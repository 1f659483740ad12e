//! Planning tasks: their states, the steps that their actions make, and their goals.
//!
//! Contracts see a task as its parts. The definition `space_of` in `specs` gives the parts' meaning
//! as a state space.
#![tactic(auto)]

mod actions;
mod atom_sets;
mod atoms;
mod grid;
mod grounding;
mod kind;
mod laws;
mod marks;
mod parts;
mod plan;
mod sets;
mod steps;
mod strips;
mod task;
mod tiles;

pub use actions::Actions;
pub use atoms::next_atom;
pub use grid::{are_connected, cell_beside};
pub use grounding::Grounding;
pub use kind::Kind;
pub use laws::{
    boards_are_packed, degrees_are_bounded, faults_are_unique, faults_keep_from_plans,
    grids_are_proper, sets_are_of_atoms, states_fit_their_width, strips_act, strips_are_proper,
    tasks_are_proper, tiles_are_proper, tiles_slide,
};
pub use parts::{
    ActionName, Board, Cells, Class, GridParts, GroundAction, StripsParts, Swamp, TaskParts,
    TilesParts,
};
pub use plan::PlanFault;
pub use task::Task;
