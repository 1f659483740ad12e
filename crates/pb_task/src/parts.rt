//! What a task of each kind is made of: maps, boards, and STRIPS tasks with their ground actions.
ghost use Rattle.std.specs.Prelude.{◌≡◌, false, replicate, slice_get, string_bytes};

use crate::actions::Actions;
use crate::grounding::Grounding;
use pb_packed::Packed;
use std::marker::Model;

/// What a cell of a map is.
#[derive(Clone, Copy, Debug, PartialEq, Eq)]
pub enum Class {
    /// Passable, from land.
    Land,
    /// Passable, from water.
    Water,
    /// Not passable.
    Blocked,
}

/// The classes of a map's cells, row by row from the upper left cell on.
#[derive(Drop)]
pub struct Cells {
    classes: Vec<Class>,
}

impl Model for Cells {
    ghost use Rattle.std.specs.Prelude.{List};
    ghost use Rattle.pb_task.specs.declared.parts.Class.{Class};

    ghost Value = { List Class };

    ghost view = { λ c. c.classes.items };
}

impl Cells {
    /// The cells that have these classes.
    pub fn of(classes: Vec<Class>) -> Cells
        ensures { result ≡ classes.items }
    {
        Cells { classes }
    }

    /// The class of the cell at this place, counted from 0. None if there are fewer cells.
    #[inline]
    pub fn get(&self, at: usize) -> Option<Class>
        ensures { result ≡ slice_get self.now at }
    {
        self.classes.get(at).copied()
    }
}

// Which cells are swamp. A map without swamp keeps no marks: there may be four million cells.
#[derive(Drop)]
enum SwampMarks {
    // A mark for each cell.
    Marks(Vec<bool>),
    // None of so many cells is swamp.
    NoneOf(usize),
}

/// Which of a map's cells cost 2 to enter, row by row from the upper left cell on.
#[derive(Drop)]
pub struct Swamp {
    marks: SwampMarks,
}

impl Model for Swamp {
    ghost use Rattle.std.specs.Prelude.{Bool, List};
    ghost use Rattle.pb_task.specs.Swamps.{marks_of};

    ghost Value = { List Bool };

    ghost view = { λ s. marks_of s.marks };
}

impl Swamp {
    /// The swamp that has these marks, one for each cell: `true` is swamp.
    pub fn of(marks: Vec<bool>) -> Swamp
        ensures { result ≡ marks.items }
    {
        Swamp {
            marks: SwampMarks::Marks(marks),
        }
    }

    /// No swamp among so many cells. It takes no memory.
    pub fn none(count: usize) -> Swamp
        ensures { result ≡ replicate count false }
    {
        Swamp {
            marks: SwampMarks::NoneOf(count),
        }
    }

    /// Whether the cell at this place, counted from 0, is swamp. None if there are fewer cells.
    #[inline]
    pub fn get(&self, at: usize) -> Option<bool>
        ensures { result ≡ slice_get self.now at }
    {
        match &self.marks {
            SwampMarks::Marks(marks) => marks.get(at).copied(),
            SwampMarks::NoneOf(count) if at < *count => Some(false),
            SwampMarks::NoneOf(_) => None,
        }
    }
}

/// A grid: a map, and a start and a goal on it. Cells are named by their column and row, (0, 0)
/// being the upper left one.
#[derive(Drop)]
pub struct GridParts {
    /// How many columns the map has.
    pub width: u32,
    /// How many rows the map has.
    pub height: u32,
    /// The classes of its cells.
    pub cells: Cells,
    /// Which of its cells are swamp, which costs 2 to enter: as many marks as cells.
    pub swamp: Swamp,
    /// The cell that a plan starts from.
    pub start: (u32, u32),
    /// The cell that a plan leads to.
    pub goal: (u32, u32),
}

/// The numbers in the cells of a board, row by row from the upper left cell on. 0 is the blank.
#[derive(Drop)]
pub struct Board {
    numbers: Vec<u8>,
}

impl Model for Board {
    ghost use Rattle.std.specs.Prelude.{ℕ, List};

    ghost Value = { List ℕ };

    ghost view = { λ b. b.numbers.items };
}

impl Board {
    /// The board that has these numbers.
    pub fn of(numbers: Vec<u8>) -> Board
        ensures { result ≡ numbers.items }
    {
        Board { numbers }
    }

    /// The numbers in its cells.
    pub fn numbers(&self) -> &[u8]
        ensures { result.now ≡ self.now }
    {
        self.numbers.as_slice()
    }
}

/// Sliding tiles: a board to start from and a goal board. Each has the numbers 0 to n - 1 once, n
/// being the number of cells.
#[derive(Drop)]
pub struct TilesParts {
    /// How many rows a board has: 2 to 4.
    pub rows: u32,
    /// How many columns a board has: 2 to 4.
    pub cols: u32,
    /// The board that a plan starts from.
    pub start: Board,
    /// The board that a plan leads to.
    pub goal: Board,
}

/// The name of a ground action, as a plan prints it.
#[derive(Drop)]
pub struct ActionName {
    text: String,
}

impl Model for ActionName {
    ghost use Rattle.std.specs.Prelude.{ℕ, List, string_bytes};

    ghost Value = { List ℕ };

    ghost view = { λ n. string_bytes n.text };
}

impl ActionName {
    /// The name that has this text.
    pub fn of(text: String) -> ActionName
        ensures { result ≡ string_bytes text }
    {
        ActionName { text }
    }

    /// Its text.
    pub fn as_str(&self) -> &str
        ensures { result.now ≡ self.now }
    {
        self.text.as_str()
    }
}

/// A ground action of STRIPS: an action whose parameters are objects. A set of ground atoms is a
/// number: the bit of each atom in the set is 1.
#[derive(Drop)]
pub struct GroundAction {
    /// The action's name in a plan, as `(name object ..)` in lower case.
    pub name: ActionName,
    /// The atoms that must hold before the action.
    pub needs: Packed,
    /// The atoms that hold after the action.
    pub adds: Packed,
    /// The atoms that the action deletes; those that it also adds hold after it.
    pub deletes: Packed,
    /// The action's cost: 1 to 2^20.
    pub cost: u64,
}

/// A STRIPS task over numbered ground atoms: atom i is bit i of a set.
#[derive(Drop)]
pub struct StripsParts {
    /// How many ground atoms there are: at most `MOST_ATOMS`.
    pub atoms: u32,
    /// The ground actions: at most 65,536.
    pub actions: Actions,
    /// The atoms that hold at first.
    pub start: Packed,
    /// The atoms that must hold in a goal state.
    pub goal: Packed,
    /// Whether the goal also asks for a fact that never holds, so that no state is a goal state.
    pub never: bool,
    /// Which ground atoms and actions these are.
    pub grounding: Grounding,
}

/// What a task of each kind is made of.
#[derive(Drop)]
pub enum TaskParts {
    /// A way is sought on a map.
    Grid(GridParts),
    /// Tiles are slid on a board.
    Tiles(TilesParts),
    /// Ground actions change which ground atoms hold.
    Strips(StripsParts),
}
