//! The type of tasks, whose calls go to the kind of the task.
ghost use Rattle.std.specs.Prelude.{◌≡◌, ℕ, ◌*◌, ◌<◌, ◌≤◌, IsTrue, IfOk, None, false, length, vec_capacity, string_bytes};
ghost use Rattle.pb_model.specs.Space.{steps};
ghost use Rattle.pb_task.specs.Grid.{IsGrid};
ghost use Rattle.pb_task.specs.Tiles.{IsTiles};
ghost use Rattle.pb_task.specs.Strips.{IsStrips};
ghost use Rattle.pb_task.specs.Marks.{is_marked};
ghost use Rattle.pb_packed.specs.Sizes.{state_bits, most_digits};
ghost use Rattle.pb_task.specs.Kinds.{kind_of};
ghost use Rattle.pb_task.specs.Groundings.{grounding_of};
ghost use Rattle.pb_task.specs.Widths.{digits_for, width_of};
ghost use Rattle.pb_task.specs.Parts.{space_of, IsTask, action_name, max_degree_of};
ghost use Rattle.pb_task.specs.declared.parts.TaskParts.TheVariants.{Grid, Tiles, Strips};

use crate::grounding::Grounding;
use crate::kind::Kind;
use crate::parts::{GridParts, StripsParts, TaskParts, TilesParts};
use crate::{grid, strips, tiles};
use pb_model::Succ;
use pb_packed::Packed;
use std::alloc::{AllocError, Global};
use std::marker::Model;

/// A planning task: a state space with a start, steps by actions, and goals. Contracts see its
/// parts.
#[derive(Drop)]
pub struct Task {
    parts: TaskParts,
}

impl Model for Task {
    ghost use Rattle.pb_task.specs.declared.parts.TaskParts.{TaskParts};
    ghost use Rattle.pb_task.specs.Parts.{IsTask};

    ghost Value = { TaskParts };

    ghost view = { λ t. t.parts };

    ghost invariant = { λ t. IsTask t.parts };
}

// How many hexadecimal digits spell so many bits, at least one.
fn digits_for(bits: u32) -> u32
    requires { bits ≤ state_bits }
    ensures digits { result ≡ digits_for bits }
    ensures some { 1 ≤ result }
    ensures most { result ≤ most_digits }
{
    // A task without atoms has one state, which is written as a 0.
    if bits == 0 { 1 } else { (bits + 3) / 4 }
}

impl Task {
    /// The task to find a way on a grid. It takes no memory.
    pub fn of_grid(parts: GridParts) -> Task
        requires { IsGrid parts }
        ensures { result ≡ Grid parts }
    {
        Task {
            parts: TaskParts::Grid(parts),
        }
    }

    /// The task to slide a board's tiles until it is another board. It takes no memory.
    pub fn of_tiles(parts: TilesParts) -> Task
        requires { IsTiles parts }
        ensures { result ≡ Tiles parts }
    {
        Task {
            parts: TaskParts::Tiles(parts),
        }
    }

    /// The task of reaching a state in which the goal's atoms hold, by ground actions. It takes no
    /// memory.
    pub fn of_strips(parts: StripsParts) -> Task
        requires { IsStrips parts }
        ensures { result ≡ Strips parts }
    {
        Task {
            parts: TaskParts::Strips(parts),
        }
    }

    /// What the task is made of.
    pub fn parts(&self) -> &TaskParts
        ensures parts { result.now ≡ self.now }
        ensures lawful { IsTask self.now }
    {
        &self.parts
    }

    /// How many hexadecimal digits spell a state, four bits each: 6 on a grid, as many as there are
    /// cells for sliding tiles, and a digit for four atoms for STRIPS, at least one.
    pub fn width(&self) -> u32
        ensures digits { result ≡ width_of self.now }
        ensures some { 1 ≤ result }
        ensures most { result ≤ most_digits }
    {
        match &self.parts {
            TaskParts::Grid(_) => 6,
            TaskParts::Tiles(parts) => parts.rows * parts.cols,
            TaskParts::Strips(parts) => digits_for(parts.atoms),
        }
    }

    /// The kind of the task.
    pub fn kind(&self) -> Kind
        ensures { result ≡ kind_of self.now }
    {
        match &self.parts {
            TaskParts::Grid(_) => Kind::Grid,
            TaskParts::Tiles(_) => Kind::Tiles,
            TaskParts::Strips(_) => Kind::Strips,
        }
    }

    /// Which ground atoms and actions of a STRIPS task have numbers. On a grid and for sliding tiles
    /// nothing is left out.
    pub fn grounding(&self) -> Grounding
        ensures { result ≡ grounding_of self.now }
    {
        match &self.parts {
            TaskParts::Grid(_) | TaskParts::Tiles(_) => Grounding::All,
            TaskParts::Strips(parts) => parts.grounding,
        }
    }

    /// The start.
    pub fn initial(&self) -> Packed
        ensures start { result ≡ (space_of self.now).start }
        ensures lawful { IsTask self.now }
    {
        match &self.parts {
            TaskParts::Grid(parts) => grid::pack(parts.start.0, parts.start.1),
            TaskParts::Tiles(parts) => tiles::pack(parts.start.numbers()),
            TaskParts::Strips(parts) => parts.start,
        }
    }

    /// Whether this is a state of the task.
    pub fn is_state(&self, state: &Packed) -> bool
        ensures { result ≡ (space_of self.now).is_state state.now }
    {
        match &self.parts {
            TaskParts::Grid(parts) => grid::is_passable(grid::class_of_state(parts, state)),
            TaskParts::Tiles(parts) => tiles::is_state(parts, state),
            TaskParts::Strips(parts) => strips::is_state(parts, state),
        }
    }

    /// Whether this is a goal of the task.
    pub fn is_goal(&self, state: &Packed) -> bool
        ensures { result ≡ (space_of self.now).is_goal state.now }
    {
        match &self.parts {
            TaskParts::Grid(parts) => *state == grid::pack(parts.goal.0, parts.goal.1),
            TaskParts::Tiles(parts) => tiles::is_at(parts.goal.numbers(), state),
            TaskParts::Strips(parts) => strips::is_goal(parts, state),
        }
    }

    /// How many actions there are. They are numbered from 0.
    pub fn actions(&self) -> u32
        ensures { result ≡ (space_of self.now).actions }
    {
        match &self.parts {
            TaskParts::Grid(_) | TaskParts::Tiles(_) => grid::DIRECTIONS,
            TaskParts::Strips(parts) => strips::actions(parts),
        }
    }

    /// No state has more successors than this.
    pub fn max_degree(&self) -> u32
        ensures degree { result ≡ max_degree_of self.now }
        ensures lawful { IsTask self.now }
    {
        // Without this the invariant of the task isn't available, which the clause `lawful` states.
        let _ = &self.parts;
        self.actions()
    }

    /// The state that an action leads to, and the action's cost. None if the action is not
    /// applicable.
    pub fn apply(&self, from: &Packed, action: u32) -> Option<(Packed, u64)>
        requires { IsTrue ((space_of self.now).is_state from.now) }
        ensures { result ≡ (space_of self.now).step from.now action }
    {
        match &self.parts {
            TaskParts::Grid(parts) => grid::step(parts, from, action),
            TaskParts::Tiles(parts) => tiles::step(parts, from, action),
            TaskParts::Strips(parts) => strips::step(parts, from, action),
        }
    }

    /// Replaces the list by all successors of a state, in order of the actions. It takes no memory:
    /// the list has room for them.
    pub fn successors(&self, from: &Packed, out: &mut Vec<Succ>)
        requires state { IsTrue ((space_of self.now).is_state from.now) }
        requires room { max_degree_of self.now ≤ vec_capacity out.old }
        ensures successors { out.new.items ≡ steps (space_of self.now) from.now }
        ensures room { vec_capacity out.old ≤ vec_capacity out.new }
    {
        match &self.parts {
            TaskParts::Grid(parts) => grid::successors(parts, from, out),
            TaskParts::Tiles(parts) => tiles::successors(parts, from, out),
            TaskParts::Strips(parts) => strips::successors(parts, from, out),
        }
    }

    /// Replaces the list by all successors of a state, in order of the actions, where no action but
    /// the marked ones is applicable. Action i is marked if bit i % 64 of word i / 64 is 1. It takes
    /// no memory: the list has room for the successors.
    pub fn successors_among(&self, from: &Packed, marks: &[u64], out: &mut Vec<Succ>)
        requires marks { (space_of self.now).actions ≤ 64 * length marks.now }
        requires others { (action : ℕ) → action < (space_of self.now).actions
            → is_marked marks.now action ≡ false → (space_of self.now).step from.now action ≡ None }
        requires state { IsTrue ((space_of self.now).is_state from.now) }
        requires room { max_degree_of self.now ≤ vec_capacity out.old }
        ensures successors { out.new.items ≡ steps (space_of self.now) from.now }
        ensures room { vec_capacity out.old ≤ vec_capacity out.new }
    {
        match &self.parts {
            // Four actions are too few for marks to be of use.
            TaskParts::Grid(parts) => grid::successors(parts, from, out),
            TaskParts::Tiles(parts) => tiles::successors(parts, from, out),
            TaskParts::Strips(parts) => strips::successors_among(parts, from, marks, out),
        }
    }

    /// What an action is called in a plan.
    pub fn action_text(&self, alloc: Global, action: u32) -> Result<String, AllocError>
        requires { action < (space_of self.now).actions }
        ensures { IfOk result (λ text. string_bytes text ≡ action_name self.now action) }
    {
        let name = match &self.parts {
            TaskParts::Grid(_) | TaskParts::Tiles(_) => grid::direction(action),
            TaskParts::Strips(parts) => strips::name(parts, action),
        };
        let text = String::from_str(alloc, name)?;
        Ok(text)
    }
}
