//! Grids: their cells as states, and the steps between cells.
ghost use Rattle.std.specs.Prelude.{◌≡◌, ◌≢◌, ◌+◌, ◌*◌, ◌<◌, ◌≤◌, ◌^◌, vec_capacity, IfSome};
ghost use Rattle.pb_packed.specs.Bits.{bits_of};
ghost use Rattle.pb_model.specs.Space.{steps};
ghost use Rattle.pb_task.specs.Grid.{class_at, is_swamp, entry_cost, cell_state, class_of_state, is_passable, are_connected, cell_beside, step_to, grid_step, grid_space, direction};
ghost use Rattle.pb_task.specs.declared.parts.Class.TheVariants.{Blocked};

use crate::parts::{Class, GridParts};
use crate::steps::push_step;
use pb_model::Succ;
use pb_packed::Packed;

/// How many actions a grid and a board of tiles have: up, down, left and right.
pub const DIRECTIONS: u32 = 4;

// What it costs to enter a cell of swamp. Any other cell costs 1.
const SWAMP_COST: u64 = 2;

// How many bits of a state hold a coordinate.
const BITS: u32 = 11;

// How many columns these bits can distinguish.
const COLUMNS: u64 = 1 << BITS;

// The word that represents a cell.
#[inline]
fn word_of(x: u32, y: u32) -> u64
    requires x { x < 2048 }
    requires y { y < 2048 }
    ensures { result ≡ cell_state x y }
{
    u64::from(y) * COLUMNS + u64::from(x)
}

/// The state that represents a cell.
#[inline]
pub fn pack(x: u32, y: u32) -> Packed
    requires x { x < 2048 }
    requires y { y < 2048 }
    ensures { result ≡ cell_state x y }
{
    Packed::of_word(word_of(x, y))
}

// The column and the row in a state's bits.
#[inline]
fn unpack(state: &Packed) -> (u32, u32)
    ensures x { result.0 ≡ bits_of state.now 0 11 }
    ensures y { result.1 ≡ bits_of state.now 11 11 }
    ensures small_x { result.0 < 2048 }
    ensures small_y { result.1 < 2048 }
{
    let cell = state.bits(0, 2 * BITS);
    ((cell % COLUMNS) as u32, (cell / COLUMNS) as u32)
}

impl GridParts {
    /// The class of the cell in this column and row. Off the map all is blocked.
    #[inline]
    pub fn class_at(&self, x: u32, y: u32) -> Class
        ensures class { result ≡ class_at self.now x y }
        ensures column { result ≢ Blocked → x < self.now.width }
        ensures row { result ≢ Blocked → y < self.now.height }
    {
        if x < self.width && y < self.height {
            let at = u64::from(y) * u64::from(self.width) + u64::from(x);
            // Only `IsGrid` says that there are as many classes as cells, and it isn't required.
            self.cells.get(at as usize).unwrap_or(Class::Blocked)
        } else {
            Class::Blocked
        }
    }

    /// Whether the cell in this column and row is swamp. Off the map none is.
    #[inline]
    pub fn is_swamp(&self, x: u32, y: u32) -> bool
        ensures { result ≡ is_swamp self.now x y }
    {
        if x < self.width && y < self.height {
            let at = u64::from(y) * u64::from(self.width) + u64::from(x);
            self.swamp.get(at as usize).unwrap_or(false)
        } else {
            false
        }
    }
}

// What it costs to enter a cell.
#[inline]
fn entry_cost(grid: &GridParts, x: u32, y: u32) -> u64
    ensures { result ≡ entry_cost grid.now x y }
{
    if grid.is_swamp(x, y) { SWAMP_COST } else { 1 }
}

/// The class of the cell that a state represents. Blocked if the state represents none.
pub fn class_of_state(grid: &GridParts, state: &Packed) -> Class
    ensures { result ≡ class_of_state grid.now state.now }
{
    let (x, y) = unpack(state);
    class_of_cell(grid, state, x, y)
}

// The same, with the column and the row in the state's bits.
#[inline]
fn class_of_cell(grid: &GridParts, state: &Packed, x: u32, y: u32) -> Class
    requires x { x ≡ bits_of state.now 0 11 }
    requires y { y ≡ bits_of state.now 11 11 }
    requires small_x { x < 2048 }
    requires small_y { y < 2048 }
    ensures { result ≡ class_of_state grid.now state.now }
{
    // A state with other bits on than those of a column and a row represents no cell.
    if pack(x, y) == *state {
        grid.class_at(x, y)
    } else {
        Class::Blocked
    }
}

/// Whether cells of this class can be entered at all.
pub fn is_passable(class: Class) -> bool
    ensures { result ≡ is_passable class }
{
    match class {
        Class::Land | Class::Water => true,
        Class::Blocked => false,
    }
}

/// Whether a cell of the one class can be left for one of the other that lies beside it.
#[inline]
pub fn are_connected(from: Class, to: Class) -> bool
    ensures { result ≡ are_connected from to }
{
    match (from, to) {
        (Class::Land, Class::Land) | (Class::Water, Class::Water) => true,
        _ => false,
    }
}

/// The cell beside the one in a column and a row in the action's direction, on the map or off it: 0
/// is up, 1 down, 2 left, 3 right.
#[inline]
pub fn cell_beside(x: u32, y: u32, action: u32) -> Option<(u32, u32)>
    requires x { x < 2 ^ 24 }
    requires y { y < 2 ^ 24 }
    ensures cell { result ≡ cell_beside x y action }
    ensures near { IfSome result (λ cell. (cell.0 ≤ x + 1) × (cell.1 ≤ y + 1)) }
{
    match action {
        0 if 0 < y => Some((x, y - 1)),
        1 => Some((x, y + 1)),
        2 if 0 < x => Some((x - 1, y)),
        3 => Some((x + 1, y)),
        _ => None,
    }
}

// The step from a cell of the class to this cell, if the two are connected. The state is a word.
#[inline]
fn step_to(grid: &GridParts, from: Class, cell: Option<(u32, u32)>) -> Option<(u64, u64)>
    requires width { grid.now.width ≤ 2048 }
    requires height { grid.now.height ≤ 2048 }
    ensures { result ≡ step_to grid.now from cell }
{
    let (x, y) = cell?;
    if are_connected(from, grid.class_at(x, y)) {
        Some((word_of(x, y), entry_cost(grid, x, y)))
    } else {
        None
    }
}

/// The step from a state by an action.
pub fn step(grid: &GridParts, from: &Packed, action: u32) -> Option<(Packed, u64)>
    requires width { grid.now.width ≤ 2048 }
    requires height { grid.now.height ≤ 2048 }
    ensures { result ≡ grid_step grid.now from.now action }
{
    let (x, y) = unpack(from);
    let class = class_of_cell(grid, from, x, y);
    let (word, cost) = step_to(grid, class, cell_beside(x, y, action))?;
    Some((Packed::of_word(word), cost))
}

/// Replaces the list by all successors of a state, in order of the actions. The state is read once.
pub fn successors(grid: &GridParts, from: &Packed, out: &mut Vec<Succ>)
    requires width { grid.now.width ≤ 2048 }
    requires height { grid.now.height ≤ 2048 }
    requires room { 4 ≤ vec_capacity out.old }
    ensures successors { out.new.items ≡ steps (grid_space grid.now) from.now }
    ensures room { vec_capacity out.old ≤ vec_capacity out.new }
{
    out.clear();
    let (x, y) = unpack(from);
    let class = class_of_cell(grid, from, x, y);
    for action in 0..DIRECTIONS {
        let step = step_to(grid, class, cell_beside(x, y, action));
        push_step(out, action, step);
    }
}

/// The name of an action.
pub fn direction(action: u32) -> &'static str
    ensures { result.now ≡ direction action }
{
    match action {
        0 => "up",
        1 => "down",
        2 => "left",
        _ => "right",
    }
}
++++++++++++++++++++
▶ **Task statement**
Of the lines in the data, report each one containing the string "after".

▶ **Exercise output**
    /// The atoms that hold after the action.
    /// The atoms that the action deletes; those that it also adds hold after it.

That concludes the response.